Darag you are of the opinion that people qualifying for this scheme benefit to the tune of 100,000.  
The loss to the economy may be closer to the 100,000 you are talking about but the individuals involved do not benefit to that extent as they are not getting a house that is worth 100,000 more than they paid for them.

Houses sold in some of the developments sold for 130,000 have been given a market value of around 175,000 which is used to determine how much of a stake the Co. Co. has in the house.

So they are not getting a 100,000 windfall.
They are getting a house with strings attached and they are not getting a house that they'd normally want to buy.

If there is a loss to the economy of 100,000 for each house and the recipient isn't recieving the full amount then the remainder is attributable to inefficiency in the system(as is the case with any interventionist policy) and profit taking by those providing the house.

As I have said before the Government have purposely tried not to make the real market work.
Affordable housing has a role to play in housing policy along with council housing and free market housing but it's role has been overstated by the government because it suits them not to tackle the housing market.


----------



## GeoffreyOD (21 Jul 2003)

*Subletting*

Is not permitted


----------



## darag (21 Jul 2003)

*Re: Price for cash work - No!*

Hi Rainyday.  You got me on the figures - I did the sum in my
head and yes the cost looks like being of the order of 1
billion.  This is still a very significant amount of money by
any standards and I think it is fair question the
justifications for spending such a sum of money ostensibly for
social purposes.

Maybe we have some fundamental differences regarding
government social spending.  I have never objected to
government spending for welfare purposes.  However I challenge
you to argue that owning rather renting your home is a basic
welfare entitlement.  You throw in a non-relevant claim
("housing for families is a social right") which simply
confuses or obfuscates the issue.  As a matter of fact I agree
that having access to a roof over your head is a basic social
right but I don't know what this has to do with people who
want to own rather than rent.

I assume that you, like me, would not agree with the
government giving out a first time new car buyers grant
regardless of whether Irish people strongly desired owning
their own cars.  I don't see this FTB scheme as being much
different.

So my first objection is that owning a house rather than
renting is not a basic social right.  Secondly in principle
the criteria for receiving welfare benefits are usually set
by some measure of hardship.  This scheme as constituted
can only work as a lottery.



> Just to be clear, Darag, it might help if you outlined what
> action (if any) you believe the Govt should be taking to
> resolve the current difficulties for FTB's?

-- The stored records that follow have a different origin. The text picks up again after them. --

//! The answer to each command. A command is an arm of `answer_request`.
ghost use Rattle.std.specs.Prelude.{◌≡◌, IsTrue};
ghost use Rattle.audit_base.specs.RuleKinds.{asks_for_greatest};
ghost use Rattle.log_source.specs.Sources.{longest_log};
ghost use Rattle.log_verdict.specs.BothLogs.{HaveOneLimit, StaysWithin};
ghost use Rattle.audit_run.specs.Deciding.{request_to_audit, request_to_certify, DecidesAuditorAnswer};
ghost use Rattle.command_words.specs.Words.{MayBeAsked};
ghost use Rattle.log_verdict.specs.Steps.{reading, reading_by, KeepsShelfLogs, FaultsNeverFall};

use super::converting::answer_convert;
use super::expecting::answer_expect;
use super::generating::answer_generate;
use super::given_logs::{GivenBeforeRule, GivenVerdict};
use super::judged_answers::certify_answer;
use super::program::Auditor;
use super::sessions::answer_session;
use super::verifying::answer_verify;
use audit_base::names::Name;
use audit_base::terms::{Form, Rule};
use command_run::answers::{Answer, answer_without, verdict_answer};
use command_run::laws::{both_logs_decide, one_log_decides};
use command_words::paths::PathText;
use command_words::requests::Request;
use log_source::shelf::Shelf;
use log_verdict::both_logs::read_both;
use log_verdict::sources::Source;
use log_verdict::stops::Stop;
use log_verdict::verdicts::verdict_on;
use record_verdict::questions::Question;
use seeded_hash::seed::HashSeed;
use session_audit::questions::PhaseQuestion;
use std::alloc::Global;

/// The answer to `audit`.
fn answer_audit<F: Shelf>(
    alloc: Global,
    shelf: &mut F,
    question: &Question,
    orders: &Source<'_>,
    trades: &Source<'_>,
) -> Result<Answer, Stop>
    requires limit { HaveOneLimit orders.now trades.now }
    ensures logs { KeepsShelfLogs F.Shelf shelf.old shelf.new }
    ensures later { FaultsNeverFall (reading_by orders.now F.Shelf shelf.old shelf.new) }
    ensures decides { DecidesAuditorAnswer (reading_by orders.now F.Shelf shelf.old shelf.new)
        (request_to_audit question.now orders.now trades.now) result }
    ensures within { StaysWithin (reading_by orders.now F.Shelf shelf.old shelf.new) result }
{
    both_logs_decide::<Auditor, GivenVerdict>();
    // A match and no `?`, as in `verdict_on`.
    match verdict_on(alloc, shelf, question, orders, trades) {
        Ok(verdict) => Ok(verdict_answer(alloc, &verdict)?),
        Err(stop) => Err(stop),
    }
}

/// The answer to `certify`.
fn answer_certify<F: Shelf>(
    alloc: Global,
    shelf: &mut F,
    rule: Rule,
    symbol: &Name,
    orders: &Source<'_>,
    trades: &Source<'_>,
) -> Result<Answer, Stop>
    requires rule { IsTrue (asks_for_greatest rule) }
    requires limit { HaveOneLimit orders.now trades.now }
    ensures logs { KeepsShelfLogs F.Shelf shelf.old shelf.new }
    ensures later { FaultsNeverFall (reading_by orders.now F.Shelf shelf.old shelf.new) }
    ensures decides { DecidesAuditorAnswer (reading_by orders.now F.Shelf shelf.old shelf.new)
        (request_to_certify rule symbol.now orders.now trades.now) result }
    ensures within { StaysWithin (reading_by orders.now F.Shelf shelf.old shelf.new) result }
{
    both_logs_decide::<Auditor, GivenBeforeRule>();
    let question = Question {
        rule,
        symbol: *symbol,
        table: false,
    };
    // A match and no `?`, as in `verdict_on`.
    match read_both(alloc, shelf, &question.scope(), orders, trades) {
        Ok(given) => Ok(certify_answer(alloc, &question, &given)?),
        Err(why) => answer_without(alloc, why),
    }
}

/// The log of this path, in this form, of at most 64 MiB, read with hashes of this seed.
fn source_of(path: &PathText, form: Form, seed: HashSeed) -> Source<'_>
    ensures name { result.name.now ≡ path.now }
    ensures form { result.form ≡ form }
    ensures limit { result.limit ≡ longest_log }
{
    Source::of(path.as_str(), form, seed)
}

/// The answer to a request, whatever its command is.
pub(crate) fn answer_request<F: Shelf>(
    alloc: Global,
    seed: HashSeed,
    shelf: &mut F,
    request: &Request,
) -> Result<Answer, Stop>
    requires { MayBeAsked request.now }
    ensures logs { KeepsShelfLogs F.Shelf shelf.old shelf.new }
    ensures later { FaultsNeverFall (reading F.Shelf shelf.old shelf.new) }
    ensures decides { DecidesAuditorAnswer (reading F.Shelf shelf.old shelf.new)
        request.now result }
    ensures within { StaysWithin (reading F.Shelf shelf.old shelf.new) result }
{
    // A law that the answers to one log rest on. It computes nothing.
    one_log_decides::<Auditor>();
    match request {
        Request::Audit {
            rule,
            symbol,
            orders,
            trades,
            orders_form,
            trades_form,
            table,
        } => {
            let question = Question {
                rule: *rule,
                symbol: *symbol,
                table: *table,
            };
            let orders = source_of(orders, *orders_form, seed);
            let trades = source_of(trades, *trades_form, seed);
            answer_audit(alloc, shelf, &question, &orders, &trades)
        }
        Request::Expect {
            rule,
            symbol,
            orders,
            orders_form,
        } => {
            let orders = source_of(orders, *orders_form, seed);
            answer_expect(alloc, shelf, *rule, symbol, &orders)
        }
        Request::Convert { log, form, path } => {
            answer_convert(alloc, shelf, *log, &source_of(path, *form, seed))
        }
        Request::Generate { start, count } => Ok(answer_generate(alloc, *start, *count)?),
        Request::Certify {
            rule,
            symbol,
            orders,
            trades,
            orders_form,
            trades_form,
        } => {
            let orders = source_of(orders, *orders_form, seed);
            let trades = source_of(trades, *trades_form, seed);
            answer_certify(alloc, shelf, *rule, symbol, &orders, &trades)
        }
        Request::Verify {
            symbol,
            orders,
            trades,
            certificate,
            orders_form,
            trades_form,
        } => {
            let orders = source_of(orders, *orders_form, seed);
            let trades = source_of(trades, *trades_form, seed);
            answer_verify(alloc, shelf, symbol, &orders, &trades, certificate.as_str())
        }
        Request::Session {
            symbol,
            phases,
            orders,
            trades,
            orders_form,
            trades_form,
            table,
        } => {
            let question = PhaseQuestion {
                symbol: *symbol,
                phases: phases.as_slice(),
                table: *table,
            };
            let orders = source_of(orders, *orders_form, seed);
            let trades = source_of(trades, *trades_form, seed);
            answer_session(alloc, shelf, &question, &orders, &trades)
        }
    }
}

I honestly don't think discussing other possible policies would
make things clearer.  The core of my argument is simple and
clear: welfare spending should be used to address real social
needs and all such benefits should be distributed fairly.  This
scheme goes against both of these principles.

I actually have other objections but these are probably the
fundamental ones I feel most strongly about.


----------



## GeoffreyOD (21 Jul 2003)

*affordable housing vs council housing*

The point of affordable house was that it was preferable to county council housing.
With affordable housing the owner buys a stake in their home and is reponsible for it's maintainance which most would think is preferable to the state providing housing for everyone.
A real social need is shelter and Affordable housing is supposedly a more preferable cost effective means of providing shelter than county council housing.
Naturally buying your own home is preferable to affordable housing as a means of gaining long term shelter but this government sees nothing wrong with house prices in the open market being in excess of 250,000 in the Dublin Area.


----------



## rainyday (21 Jul 2003)

*Re: Price for cash work - No!*



> The core of my argument is simple and
> clear: welfare spending should be used to address real social
> needs and all such benefits should be distributed fairly.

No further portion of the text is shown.